DATA RECORDS Block Start

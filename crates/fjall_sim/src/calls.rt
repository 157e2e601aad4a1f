//! Which calls each line makes.

use crate::items::{counted, items, name, options, pairs};
use crate::list::{List, Wording, Work};
use fjall_calls::{Call, KeyRange, Kind, Op, PersistMode, TxCall, View, Within};
use fjall_recorder::{LineError, Parsed, bytes, durability, mode, number, op, range, size, value};
use std::alloc::Global;
use std::ops::Bound;

const BAD_LINE: Parsed<Wording> = Err(LineError::BadLine);

// A number that a database tells of itself.
fn count(list: &mut List, what: &str) -> Parsed<Wording> {
    list.plain(match what {
        "keyspaces" => Call::KeyspaceCount,
        "seqno" => Call::Seqno,
        "visible" => Call::VisibleSeqno,
        "journals" => Call::JournalCount,
        "journal_space" => Call::JournalDiskSpace,
        "snapshots" => Call::OpenSnapshots,
        "write_buffer" => Call::WriteBufferSize,
        "space" => Call::DiskSpace(None),
        "outstanding" => Call::OutstandingFlushes,
        "merging" => Call::ActiveCompactions,
        "merged" => Call::CompactionsCompleted,
        _ => return BAD_LINE,
    })
}

// The same of a keyspace.
fn count_of(list: &mut List, what: &str, id: &str) -> Parsed<Wording> {
    let id = number(id)?;
    list.plain(match what {
        "versions" => Call::ApproximateLen(id),
        "sealed" => Call::SealedMemtableCount(id),
        "tables" => Call::TableCount(id),
        "level0" => Call::L0TableCount(id),
        "space" => Call::DiskSpace(Some(id)),
        _ => return BAD_LINE,
    })
}

// A line of one word.
fn of_none(list: &mut List, word: &str) -> Parsed<Wording> {
    match word {
        "snapshot" => list.told(Wording::Snapshot, Call::Snapshot),
        "begin" => list.add(Wording::Begin, TxCall::Begin(Kind::Optimistic)),
        "begin_single" => list.add(Wording::Begin, TxCall::Begin(Kind::Single)),
        "gc" => list.told(Wording::Watermark, Call::Gc),
        "persist" => list.plain(Call::Persist(PersistMode::SyncAll)),
        "rotate_journal" => list.plain(Call::RotateJournal),
        "maintenance" => list.plain(Call::Maintenance),
        "waiting" => list.plain(Call::KeyspacesToFlush),
        "names" => list.plain(Call::ListKeyspaceNames),
        _ => BAD_LINE,
    }
}

// A line of a word and an id.
fn of_keyspace(list: &mut List, word: &str, id: &str) -> Parsed<Wording> {
    match word {
        "delete" => list.plain(Call::DeleteKeyspace(number(id)?)),
        "retain" => list.plain(Call::Retain(number(id)?)),
        "release" => list.plain(Call::Release(number(id)?)),
        "clear" => list.plain(Call::Clear(number(id)?)),
        "rotate" => list.plain(Call::RotateMemtable(number(id)?)),
        "wants_rotation" => list.plain(Call::WantsRotation(number(id)?)),
        "len" => whole(list, Wording::Len, id),
        "scan" => whole(list, Wording::Plain, id),
        _ => of_job(list, word, id),
    }
}

// All pairs of a keyspace.
fn whole(list: &mut List, wording: Wording, id: &str) -> Parsed<Wording> {
    let everywhere = (Bound::Unbounded, Bound::Unbounded);
    let id = number(id)?;
    list.told(
        wording,
        Call::PageAt(View::Present, id, everywhere, false, usize::MAX),
    )
}

// A line of a job: a word and an id, or the place of the call that began it.
fn of_job(list: &mut List, word: &str, id: &str) -> Parsed<Wording> {
    match word {
        "flush" => list.whole_job(id, Work::Flush),
        "flush_begin" => list.begin_job(id, Work::Flush),
        "flush_finish" => list.finish_job(id, Work::Flush),
        "flush_out" => list.lose_job(id, Work::Flush),
        "merge" => list.whole_job(id, Work::MajorMerge),
        "merge_begin" => list.begin_job(id, Work::MajorMerge),
        "merge_finish" => list.finish_job(id, Work::MajorMerge),
        "merge_out" => list.lose_job(id, Work::MajorMerge),
        "merge_due" => list.whole_job(id, Work::DueMerge),
        "merge_due_begin" => list.begin_job(id, Work::DueMerge),
        "merge_due_out" => list.lose_job(id, Work::DueMerge),
        _ => BAD_LINE,
    }
}

// A line of a word and another word that is no id.
fn of_one(list: &mut List, word: &str, other: &str) -> Parsed<Wording> {
    match word {
        "persist" => list.plain(Call::Persist(mode(other)?)),
        "count" => count(list, other),
        "exists" => {
            let name = bytes(list.alloc, other)?;
            list.plain(Call::KeyspaceExists(name))
        }
        "snapshot" if other == "id" => list.told(Wording::TicketId, Call::Snapshot),
        "snapshot" if other == "at" => list.told(Wording::Ticket, Call::Snapshot),
        "clone_snapshot" => {
            let ticket = list.ticket(other)?;
            list.told(Wording::TicketId, Call::CloneSnapshot(ticket))
        }
        "close_snapshot" => {
            let ticket = list.ticket(other)?;
            list.plain(Call::CloseSnapshot(ticket))
        }
        "commit" => list.commit(Kind::Optimistic, other),
        "commit_single" => list.commit(Kind::Single, other),
        "rollback" => list.roll_back(other),
        _ => of_keyspace(list, word, other),
    }
}

// A line of a word, an id and a key.
fn of_key(list: &mut List, word: &str, id: &str, key: &str) -> Parsed<Wording> {
    let (id, key) = (number(id)?, bytes(list.alloc, key)?);
    list.plain(match word {
        "remove" => Call::Remove(id, key),
        "remove_weak" => Call::RemoveWeak(id, key),
        "get" => Call::GetAt(View::Present, id, key),
        _ => return BAD_LINE,
    })
}

// Inserts so many keys of two bytes.
fn insert_many(list: &mut List, id: u64, count: u64) -> Parsed<Wording> {
    let pairs = counted(list.alloc, count, b"v")?;
    let many = Wording::Many(pairs.len());
    for (key, op) in pairs {
        if let Op::Put(value) = op {
            list.plain(Call::Insert(id, key, value))?;
        }
    }
    Ok(many)
}

// A line of a word and two more.
fn of_two(list: &mut List, word: &str, first: &str, second: &str) -> Parsed<Wording> {
    match word {
        "clone_snapshot" if second == "at" => {
            let ticket = list.ticket(first)?;
            list.told(Wording::Ticket, Call::CloneSnapshot(ticket))
        }
        "insert_many" => insert_many(list, number(first)?, number(second)?),
        "ingest_many" => {
            let pairs = counted(list.alloc, number(second)?, b"")?;
            list.plain(Call::Ingest(number(first)?, pairs))
        }
        "tx_durability" => list.within(first, Within::Durability(durability(second)?)),
        "count" => count_of(list, first, second),
        _ => of_key(list, word, first, second),
    }
}

// A line of a word, an id, a key and its value.
fn insert(list: &mut List, id: &str, key: &str, new: &str) -> Parsed<Wording> {
    let key = bytes(list.alloc, key)?;
    let value = bytes(list.alloc, new)?;
    list.plain(Call::Insert(number(id)?, key, value))
}

// A line of a word, the number of a snapshot or a transaction, an id and a key.
fn of_three(list: &mut List, word: &str, of: &str, id: &str, key: &str) -> Parsed<Wording> {
    let (id, key) = (number(id)?, bytes(list.alloc, key)?);
    match word {
        "get_at" => {
            let ticket = list.ticket(of)?;
            list.plain(Call::GetAt(View::At(ticket), id, key))
        }
        "tx_get" => list.within(of, Within::Get(id, key)),
        "tx_remove" => list.within(of, Within::Write(id, key, Op::Remove)),
        "tx_remove_weak" => list.within(of, Within::Write(id, key, Op::RemoveWeak)),
        "tx_take" => list.within(of, Within::Take(id, key)),
        _ => BAD_LINE,
    }
}

// A line of a word, a transaction's number, an id, a key, and its value.
fn of_four(list: &mut List, word: &str, of: &str, pair: [&str; 3]) -> Parsed<Wording> {
    let [id, key, new] = pair;
    let (id, key) = (number(id)?, bytes(list.alloc, key)?);
    let new = value(list.alloc, new)?;
    match (word, new) {
        ("tx_insert", Some(new)) => list.within(of, Within::Write(id, key, Op::Put(new))),
        ("tx_fetch_update", new) => list.within(of, Within::FetchUpdate(id, key, new)),
        ("tx_update_fetch", new) => list.within(of, Within::UpdateFetch(id, key, new)),
        _ => BAD_LINE,
    }
}

/// What a page asks for.
#[derive(Drop)]
pub struct Page {
    pub id: u64,
    pub range: KeyRange,
    pub is_back: bool,
    pub max: usize,
}

/// Reads `ID FROM TO MAX [back]`.
pub fn read_page(alloc: Global, words: &[&str]) -> Parsed<Page> {
    let (asked, is_back) = match words {
        [asked @ .., "back"] => (asked, true),
        _ => (words, false),
    };
    let [id, from, to, max] = asked else {
        return Err(LineError::BadLine);
    };
    let (id, max) = (number(id)?, size(max)?);
    Ok(Page {
        id,
        range: range(alloc, from, to)?,
        is_back,
        max,
    })
}

// A page of the present or of a snapshot.
fn add_page(list: &mut List, wording: Wording, view: View, words: &[&str]) -> Parsed<Wording> {
    let page = read_page(list.alloc, words)?;
    list.told(
        wording,
        Call::PageAt(view, page.id, page.range, page.is_back, page.max),
    )
}

// The same of a snapshot that a word names.
fn add_page_at(list: &mut List, wording: Wording, of: &str, words: &[&str]) -> Parsed<Wording> {
    let ticket = list.ticket(of)?;
    add_page(list, wording, View::At(ticket), words)
}

// The same within a transaction that a word names.
fn add_page_within(list: &mut List, of: &str, words: &[&str]) -> Parsed<Wording> {
    let page = read_page(list.alloc, words)?;
    list.within(
        of,
        Within::Page(page.id, page.range, page.is_back, page.max),
    )
}

// A batch.
fn batch(list: &mut List, persisted: Option<PersistMode>, words: &[&str]) -> Parsed<Wording> {
    let items = items(list.alloc, words)?;
    list.plain(Call::CommitBatch(items, persisted))
}

fn keyspace(list: &mut List, word: &str, asked: &[&str]) -> Parsed<Wording> {
    let name = name(list.alloc, word)?;
    let options = options(list.alloc, asked)?;
    list.told(Wording::Keyspace, Call::Keyspace(name, options))
}

fn ingest(list: &mut List, id: &str, words: &[&str]) -> Parsed<Wording> {
    let pairs = pairs(list.alloc, words)?;
    list.plain(Call::Ingest(number(id)?, pairs))
}

/// Adds the calls of a line to a list. A line that is no call adds none; one that is refused may have added some.
pub fn add_line(list: &mut List, words: &[&str]) -> Parsed<Wording> {
    match words {
        ["keyspace", name, asked @ ..] => keyspace(list, name, asked),
        ["batch", items @ ..] => batch(list, Some(PersistMode::Buffer), items),
        ["commit_batch", persisted, items @ ..] => batch(list, durability(persisted)?, items),
        ["ingest", id, pairs @ ..] => ingest(list, id, pairs),
        ["page", asked @ ..] => add_page(list, Wording::Plain, View::Present, asked),
        ["keys", asked @ ..] => add_page(list, Wording::Keys, View::Present, asked),
        ["page_at", of, asked @ ..] => add_page_at(list, Wording::Plain, of, asked),
        ["keys_at", of, asked @ ..] => add_page_at(list, Wording::Keys, of, asked),
        ["tx_page", of, asked @ ..] => add_page_within(list, of, asked),
        [word] => of_none(list, word),
        [word, other] => of_one(list, word, other),
        [word, first, second] => of_two(list, word, first, second),
        ["insert", id, key, new] => insert(list, id, key, new),
        [word, of, id, key] => of_three(list, word, of, id, key),
        [word, of, id, key, new] => of_four(list, word, of, [id, key, new]),
        _ => BAD_LINE,
    }
}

DATA RECORDS Block End

### DIRECTIONS FOR THIS TASK:
What is needed is the number of lines in the records that contain the string "bytes", stated with nothing else.

### TASK RESPONSE:
8